20191029

coat

One of our friends gave my sister and me a coat she'd inherited from a family member, and since we couldn't both wear it at the same time we decided we'd say it was mine. I wore it quite a bit, and eventually it became my thing. That is, people associated me with the coat and vice-versa. The princess--this was before she inherited that title, I suppose--liked to tease me about how much I liked it, and it was too much energy to argue. And it was a nice coat, I suppose. 


My sister liked using it when we were pretending to be each other, especially once people got wise to the trick and started looking for the little clues they thought we'd overlooked. Somehow it only reinforced the idea everyone had that the coat held some deep sentimental value for me, and at some point everyone else's attachment to the idea of my attachment to this coat stopped wearing on me and became something fun and whimsical I sought out.

It was the coat I wore when they appointed me as her protector, the coat I wore as the fragile order of our world started falling apart. I was wearing that coat when I earned some of my scars, and each time I cleaned it up and patched it. Each patch was a mark of pride, or at least a reminder of what I'd done.

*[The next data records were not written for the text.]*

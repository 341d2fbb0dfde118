//! The log records of a page reach the device before the page does, and pages that are flushed together
//! in rising order and under one barrier.

ghost use Rattle.node_trials.specs.Bench.{IsReady};

use crate::bench::Bench;
use crate::store::{MAP, SHAPE, new_bench, value};
use Deed::{Barrier, Write};
use device_trials::{Deed, WatchedDisk};
use sd_base::{BlockNo, Disk, PageNo};
use std::process::Abort;
use std::test::Fail;

const FIRST: PageNo = PageNo(1);

const SECOND: PageNo = PageNo(2);

const THIRD: PageNo = PageNo(3);

const FIRST_BLOCK: BlockNo = BlockNo(11);

const SECOND_BLOCK: BlockNo = BlockNo(12);

const THIRD_BLOCK: BlockNo = BlockNo(13);

/// The first blocks of the ring, of six records each.
const FIRST_LOG: BlockNo = BlockNo(2);

const SECOND_LOG: BlockNo = BlockNo(3);

const THIRD_LOG: BlockNo = BlockNo(4);

/// Changes a page so many times.
fn change<D: Disk>(rt: &impl Abort, bench: &mut Bench<D>, x: PageNo, times: u8)
    requires ready { IsReady SHAPE D.told (D.state bench.old.disk) bench.old.pool bench.old.owners bench.old.cache }
    ensures ready { IsReady SHAPE D.told (D.state bench.new.disk) bench.new.pool bench.new.owners bench.new.cache }
{
    for byte in 0..times {
        bench
            .change(rt, x, value(rt, x, byte))
            .expect(rt, "a change");
    }
}

/// Writes a page, and compares what the device is told meanwhile.
fn flush<D: Disk>(rt: &impl Abort, bench: &mut Bench<WatchedDisk<D>>, x: PageNo, deeds: &[Deed])
    requires ready { IsReady SHAPE D.told (⟦<WatchedDisk<D> as Disk>⟧.state bench.old.disk) bench.old.pool bench.old.owners bench.old.cache }
    ensures ready { IsReady SHAPE D.told (⟦<WatchedDisk<D> as Disk>⟧.state bench.new.disk) bench.new.pool bench.new.owners bench.new.cache }
{
    bench.watch(0, 0);
    bench.flush_page(x).expect(rt, "a write");
    assert_eq!(rt; bench.disk.deeds(), deeds, "{x:?}");
}

/// Two changed pages, whose records are in memory alone.
fn try_two<D: Disk>(rt: &impl Abort, bench: &mut Bench<WatchedDisk<D>>)
    requires ready { IsReady SHAPE D.told (⟦<WatchedDisk<D> as Disk>⟧.state bench.old.disk) bench.old.pool bench.old.owners bench.old.cache }
    ensures ready { IsReady SHAPE D.told (⟦<WatchedDisk<D> as Disk>⟧.state bench.new.disk) bench.new.pool bench.new.owners bench.new.cache }
{
    bench.watch(0, 0);
    bench.fetch_all(rt, &[MAP, FIRST, SECOND]);
    let numbers = bench.change_both(rt, FIRST, SECOND);
    assert_eq!(rt; numbers, Ok([0, 1]));
    assert_eq!(rt; bench.disk.deeds(), [].as_slice());
    let page = [Write(FIRST_LOG), Barrier, Write(FIRST_BLOCK), Barrier];
    flush(rt, bench, FIRST, &page);
    // The records of both pages are stable now.
    let page = [Write(SECOND_BLOCK), Barrier];
    flush(rt, bench, SECOND, &page);
    flush(rt, bench, SECOND, &[]);
}

/// A page with more records than a block of the log has: the full block is written as it fills.
fn try_many<D: Disk>(rt: &impl Abort, bench: &mut Bench<WatchedDisk<D>>)
    requires ready { IsReady SHAPE D.told (⟦<WatchedDisk<D> as Disk>⟧.state bench.old.disk) bench.old.pool bench.old.owners bench.old.cache }
    ensures ready { IsReady SHAPE D.told (⟦<WatchedDisk<D> as Disk>⟧.state bench.new.disk) bench.new.pool bench.new.owners bench.new.cache }
{
    bench.watch(0, 0);
    bench.fetch_all(rt, &[MAP, FIRST, SECOND]);
    change(rt, bench, FIRST, 7);
    assert_eq!(rt; bench.disk.deeds(), [Write(FIRST_LOG)].as_slice());
    let page = [
        Barrier,
        Write(SECOND_LOG),
        Barrier,
        Write(FIRST_BLOCK),
        Barrier,
    ];
    flush(rt, bench, FIRST, &page);
}

/// A page with changes leaves a full cache: its record, one of 15, is stable before it is written.
fn try_room<D: Disk>(rt: &impl Abort, bench: &mut Bench<WatchedDisk<D>>)
    requires ready { IsReady SHAPE D.told (⟦<WatchedDisk<D> as Disk>⟧.state bench.old.disk) bench.old.pool bench.old.owners bench.old.cache }
    ensures ready { IsReady SHAPE D.told (⟦<WatchedDisk<D> as Disk>⟧.state bench.new.disk) bench.new.pool bench.new.owners bench.new.cache }
{
    bench.change_in_turn(rt, 15);
    bench.watch(0, 0);
    bench.fetch_all(rt, &[PageNo(16)]);
    let page = Write(FIRST_BLOCK);
    let deeds = [Barrier, Write(THIRD_LOG), Barrier, page, Barrier];
    assert_eq!(rt; bench.disk.deeds(), deeds.as_slice());
}

/// Three changed pages that came in and were changed in another order than that of their numbers.
fn try_all<D: Disk>(rt: &impl Abort, bench: &mut Bench<WatchedDisk<D>>)
    requires ready { IsReady SHAPE D.told (⟦<WatchedDisk<D> as Disk>⟧.state bench.old.disk) bench.old.pool bench.old.owners bench.old.cache }
    ensures ready { IsReady SHAPE D.told (⟦<WatchedDisk<D> as Disk>⟧.state bench.new.disk) bench.new.pool bench.new.owners bench.new.cache }
{
    bench.fetch_all(rt, &[MAP, THIRD, FIRST, SECOND]);
    change(rt, bench, SECOND, 1);
    change(rt, bench, THIRD, 2);
    change(rt, bench, FIRST, 1);
    bench.watch(0, 0);
    let done = bench.flush_all();
    assert_eq!(rt; done, Ok(3));
    let deeds = [
        Write(FIRST_LOG),
        Barrier,
        Write(FIRST_BLOCK),
        Write(SECOND_BLOCK),
        Write(THIRD_BLOCK),
        Barrier,
    ];
    assert_eq!(rt; bench.disk.deeds(), deeds.as_slice());
}

#[test]
fn pages_are_flushed_in_rising_order_under_one_barrier(rt: HostRuntime) -> Result<(), Fail> {
    let mut bench = new_bench(rt.alloc(), 3)?;
    try_all(&rt, &mut bench);
    bench.end(0);
    Ok(())
}

#[test]
fn records_reach_the_device_before_their_page(rt: HostRuntime) -> Result<(), Fail> {
    let mut bench = new_bench(rt.alloc(), 2)?;
    try_two(&rt, &mut bench);
    bench.end(0);
    let mut bench = new_bench(rt.alloc(), 2)?;
    try_many(&rt, &mut bench);
    bench.end(0);
    let mut bench = new_bench(rt.alloc(), 16)?;
    try_room(&rt, &mut bench);
    bench.end(0);
    Ok(())
}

When most of us parted ways for the first time--we could feel disaster approaching even then, years before the war--I gave the coat away as a token of friendship. If she's to be believed, she wore it until it fell apart. By then, she told me, it became something of a legend--but then, she likes telling stories, so of course it did.

The world is altogether less sentimental now, but there's still a place for whim, I think. Even if there's not much hope left there's no harm in a smile and a story about that time your lucky coat protected you from harm.